In 2010, BBT commissioned one of its investment consultants to examine the asset allocation mix of the RBF and to propose new investment options. A preliminary report was presented to BBT’s investment committee in January, and a final report in April. After considering a number of scenarios, the board selected a new asset allocation mix for the RBF that utilizes many of BBT’s new investment options, increases the diversification of the portfolio, and is aimed at increasing returns while minimizing risk.

The board also gave the go-ahead to BBT’s Pension Plan Task Force to continue to seek ways to strengthen the plan. The team has received a report from Aon Hewitt on possible enhancements or changes that could be made based on industry trends and practices, and also is using information from conversations with other faith-based pension plan providers.

Securities lending program to become self-sustaining:

Following a discussion in the Investment Committee, led by chair Jack Grim, the board approved a motion that will result in the securities lending program becoming self-sustaining. This means that the use of future revenue from BBT’s securities lending program will first be used to offset fees to the program, including legal expenses.

BBT is currently in the middle of a lawsuit with its custodial bank regarding the securities lending program. Until this decision by the board, payment for securities lending legal fees came from BBT’s reserves.

“The action the Board took was to recognize that income from the program must first pay for all expenses of the program,” said Dulabaum. “Income in excess of expenses will continue to be used to offset the various fees associated with each investment fund.”

In other business:

FedEx was given a “no-fly zone” by the board. Each year, companies that have business practices at odds with Church of the Brethren Annual Conference statements are screened from BBT’s investment portfolio. This includes businesses that have major contracts with the US Department of Defense.
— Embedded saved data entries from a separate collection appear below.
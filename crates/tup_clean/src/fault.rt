//! Why a clean build isn't made.
use std::alloc::{AllocError, AllocFailed};
use thiserror::Error;
use tup_access::AccessFault;

/// Why a clean build isn't made.
#[derive(Clone, Copy, Debug, PartialEq, Eq, Error)]
pub enum CleanFault {
    /// The runner failed, and its count of faults rose.
    #[error("a command can't be run")]
    Run,
    /// There was no memory; nothing is known of the build.
    #[error("no memory")]
    Memory,
}

impl From<AllocError> for CleanFault {
    ghost use Rattle.std.specs.Prelude.{◌≡◌};
    ghost use Rattle.tup_clean.specs.declared.fault.CleanFault.TheVariants.{Memory};

    ghost from_gives = { λ _ fault. fault ≡ Memory };

    fn from(_: AllocError) -> CleanFault {
        CleanFault::Memory
    }
}

impl<T: Drop> From<AllocFailed<T>> for CleanFault {
    ghost use Rattle.std.specs.Prelude.{◌≡◌};
    ghost use Rattle.tup_clean.specs.declared.fault.CleanFault.TheVariants.{Memory};

    ghost from_gives = { λ _ fault. fault ≡ Memory };

    fn from(_: AllocFailed<T>) -> CleanFault {
        CleanFault::Memory
    }
}

impl From<AccessFault> for CleanFault {
    ghost use Rattle.std.specs.Prelude.{◌≡◌};
    ghost use Rattle.tup_clean.specs.declared.fault.CleanFault.TheVariants.{Memory};

    ghost from_gives = { λ _ fault. fault ≡ Memory };

    fn from(_: AccessFault) -> CleanFault {
        CleanFault::Memory
    }
}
Socially Responsible Investing (SRI) director Steve Mason presented two lists of Department of Defense contractors that in 2010 either earned 10 percent or more of their income from such contracts or were one of the top 25 publicly traded contracting firms. While many of the firms are not household names, the same cannot be said about FedEx. With the board’s approval of the lists, BBT will avoid patronizing FedEx during the next year, as well as the 83 other businesses that appear on the lists (review the lists at, click on “Downloads” then “Socially Responsible Investing”).
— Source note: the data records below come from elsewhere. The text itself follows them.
//! Boards at their opening.
ghost use Rattle.std.specs.Prelude.{◌≡◌, [], IfOk, IsTrue};
ghost use Rattle.tup_scan.specs.Seen.{IsSeen};
ghost use Rattle.tup_stored_graph.specs.Held.{is_fresh, StandsFor};
ghost use Rattle.tup_board.specs.Board.{plan_of as planned_at};
ghost use Rattle.tup_board.specs.Outputs.{AreApart, IsPlanOf};
ghost use Rattle.tup_board_rows.specs.Opening.{IsReady};

use crate::desk::Desk;
use crate::project::{Given, reach_at};
use crate::quiet::Quiet;
use crate::store::site_of;
use std::alloc::Global;
use std::marker::Brand;
use std::sync::ledger::Blank;
use tup_apart::plan_over;
use tup_board::Board;
use tup_commit::uncounted::note_scan;
use tup_core::Plan;
use tup_path::Path;
use tup_rows::{RowFault, Words};
use tup_runner::Runner;
use tup_scan::{Seen, Still, scan};
use tup_site::{MemSite, Site};
use tup_stored_graph::Graph;

/// The board of a row at its opening, whose site lets so many calls pass. `OtherKind` where no board may be made.
pub(crate) fn board_of(
    alloc: Global,
    given: &Given,
    said: &Words,
    calls: u64,
) -> Result<Desk, RowFault> {
    let reach = reach_at(alloc, said, 0);
    let keep_going = said.str_at(1) == "keep";
    match site_of(alloc, &given.project, reach.as_slice()) {
        Ok(site) => open(alloc, site, keep_going, calls, &given.large),
        Err(fault) => Err(fault),
    }
}

/// The board of the next update of a site, all of whose calls pass.
pub(crate) fn next_board(alloc: Global, site: MemSite) -> Result<Desk, RowFault> {
    open(alloc, Quiet::new(site), false, u64::MAX, &None)
}

/// A board over a site whose store has a graph, once its tree was scanned; then a file grows, and from then on the site lets
/// so many calls pass.
fn open(
    alloc: Global,
    mut site: Quiet,
    keep_going: bool,
    calls: u64,
    large: &Option<(Path, u64)>,
) -> Result<Desk, RowFault> {
    match scanned(alloc, &mut site, calls, large) {
        Ok(graph) => seated(alloc, site, graph, keep_going),
        Err(fault) => {
            drop(site);
            Err(fault)
        }
    }
}

/// Its board, at which nobody was told anything yet.
fn seated(alloc: Global, site: Quiet, graph: Graph, keep_going: bool) -> Result<Desk, RowFault>
    requires { IsTrue (is_fresh graph) }
{
    match planned(alloc, site, graph, keep_going) {
        Ok((board, plan)) => Desk::of(alloc, board, plan),
        Err(fault) => Err(fault),
    }
}

/// The graph of a site's store, which has seen the files of its tree; then the site may fail.
fn scanned(
    alloc: Global,
    site: &mut Quiet,
    calls: u64,
    large: &Option<(Path, u64)>,
) -> Result<Graph, RowFault>
    ensures { IfOk result (λ graph. IsTrue (is_fresh graph)) }
{
    let graph = noted(alloc, site)?;
    site.stop_after(calls);
    site.set_large(large)?;
    Ok(graph)
}

/// A board over a site whose store has a graph, once its tree was scanned, and the board's plan.
pub(crate) fn board_over<S: Site, R: Runner>(
    alloc: Global,
    mut site: S,
    keep_going: bool,
) -> Result<(Board<S, R>, Plan), RowFault>
    ensures plan { IfOk result (λ both. both.1 ≡ planned_at both.0) }
    ensures none { IfOk result (λ both. both.0.history ≡ []) }
{
    match noted(alloc, &mut site) {
        Ok(graph) => planned(alloc, site, graph, keep_going),
        Err(fault) => {
            drop(site);
            Err(fault)
        }
    }
}

/// A board over a site and its graph, if one may be made, and the board's plan.
fn planned<S: Site, R: Runner>(
    alloc: Global,
    site: S,
    graph: Graph,
    keep_going: bool,
) -> Result<(Board<S, R>, Plan), RowFault>
    requires { IsReady S.Site.own graph site }
    ensures plan { IfOk result (λ both. both.1 ≡ planned_at both.0) }
    ensures none { IfOk result (λ both. both.0.history ≡ []) }
{
    match tested(alloc, &graph, keep_going) {
        Ok(plan) => made(alloc, site, graph, plan),
        Err(fault) => {
            drop(site);
            drop(graph);
            Err(fault)
        }
    }
}

/// The board that runs a plan.
fn made<S: Site, R: Runner>(
    alloc: Global,
    site: S,
    graph: Graph,
    plan: Plan,
) -> Result<(Board<S, R>, Plan), RowFault>
    requires ready { IsReady S.Site.own graph site }
    requires plan { IsPlanOf graph.nodes plan }
    requires apart { AreApart plan graph.nodes }
    ensures plan { IfOk result (λ both. both.1 ≡ planned_at both.0) }
    ensures none { IfOk result (λ both. both.0.history ≡ []) }
{
    match Board::new(alloc, site, graph, &plan) {
        Ok(board) => Ok((board, plan)),
        Err(back) => {
            drop(back);
            drop(plan);
            Err(RowFault::Memory)
        }
    }
}

/// The graph of a site's store, which has seen the files of its tree.
fn noted<S: Site>(alloc: Global, site: &mut S) -> Result<Graph, RowFault>
    ensures { IfOk result (λ graph. IsReady S.Site.own graph site.new) }
{
    match Graph::open(alloc, site) {
        Ok(graph) => note(alloc, site, graph),
        Err(_) => Err(RowFault::OtherKind),
    }
}

/// A graph takes note of the files of a site.
fn note<S: Site>(alloc: Global, site: &mut S, mut graph: Graph) -> Result<Graph, RowFault>
    requires fresh { IsTrue (is_fresh graph) }
    requires stands { IsTrue S.tells
        → StandsFor S.world S.moment S.left_since graph site.old }
    ensures { IfOk result (λ graph. IsReady S.Site.own graph site.new) }
{
    if is_noted(alloc, site, &mut graph) {
        Ok(graph)
    } else {
        drop(graph);
        Err(RowFault::OtherKind)
    }
}

/// Whether a graph has taken note of the files of a site.
fn is_noted<S: Site>(alloc: Global, site: &mut S, graph: &mut Graph) -> bool
    requires fresh { IsTrue (is_fresh graph.old) }
    requires stands { IsTrue S.tells
        → StandsFor S.world S.moment S.left_since graph.old site.old }
    ensures { IsTrue result → IsReady S.Site.own graph.new site.new }
{
    match scan(alloc, site, &Still) {
        Ok(seen) => takes_note(alloc, site, graph, &seen),
        Err(_) => false,
    }
}

/// Whether it has taken note of what a scan has seen.
fn takes_note<S: Site>(alloc: Global, site: &mut S, graph: &mut Graph, seen: &Seen) -> bool
    requires fresh { IsTrue (is_fresh graph.old) }
    requires stands { IsTrue S.tells
        → StandsFor S.world S.moment S.left_since graph.old site.old }
    requires seen { IsTrue S.tells → IsSeen (S.world site.old).tree seen.now }
    ensures { IsTrue result → IsReady S.Site.own graph.new site.new }
{
    match note_scan::<S, Brand>(alloc, graph, site, seen, Blank::new(1)) {
        Ok(()) => graph.fresh(),
        Err(_) => false,
    }
}

/// The plan that runs the flagged rules of a graph, if it may be run.
fn tested(alloc: Global, graph: &Graph, keep_going: bool) -> Result<Plan, RowFault>
    requires { IsTrue (is_fresh graph.now) }
    ensures plan { IfOk result (IsPlanOf graph.now.nodes) }
    ensures apart { IfOk result (λ plan. AreApart plan graph.now.nodes) }
{
    match plan_over(alloc, graph, keep_going)? {
        Some(plan) => Ok(plan),
        None => Err(RowFault::OtherKind),
    }
}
The Investment Committee and board addressed details related to BBT’s investment guidelines, including how large a small cap company can be and a benchmark for the Public Real Estate Fund, which was shifted to the Standard & Poor’s Developed Property Index. The board in closed sessions discussed the ongoing securities lending litigation, and efforts to comply with federally mandated security laws. A facilities and compliance task force that includes Carol Hess, Carol Ann Greenwood, Ann Quay Davis, and Dulabaum was created.

The next BBT board meetings will be on July 6 in Grand Rapids, Mich., following Annual Conference; and Nov. 18-19 in Martinsburg, Pa., at the Village at Morrisons Cove.
— Brian Solem is coordinator of publications for Brethren Benefit Trust.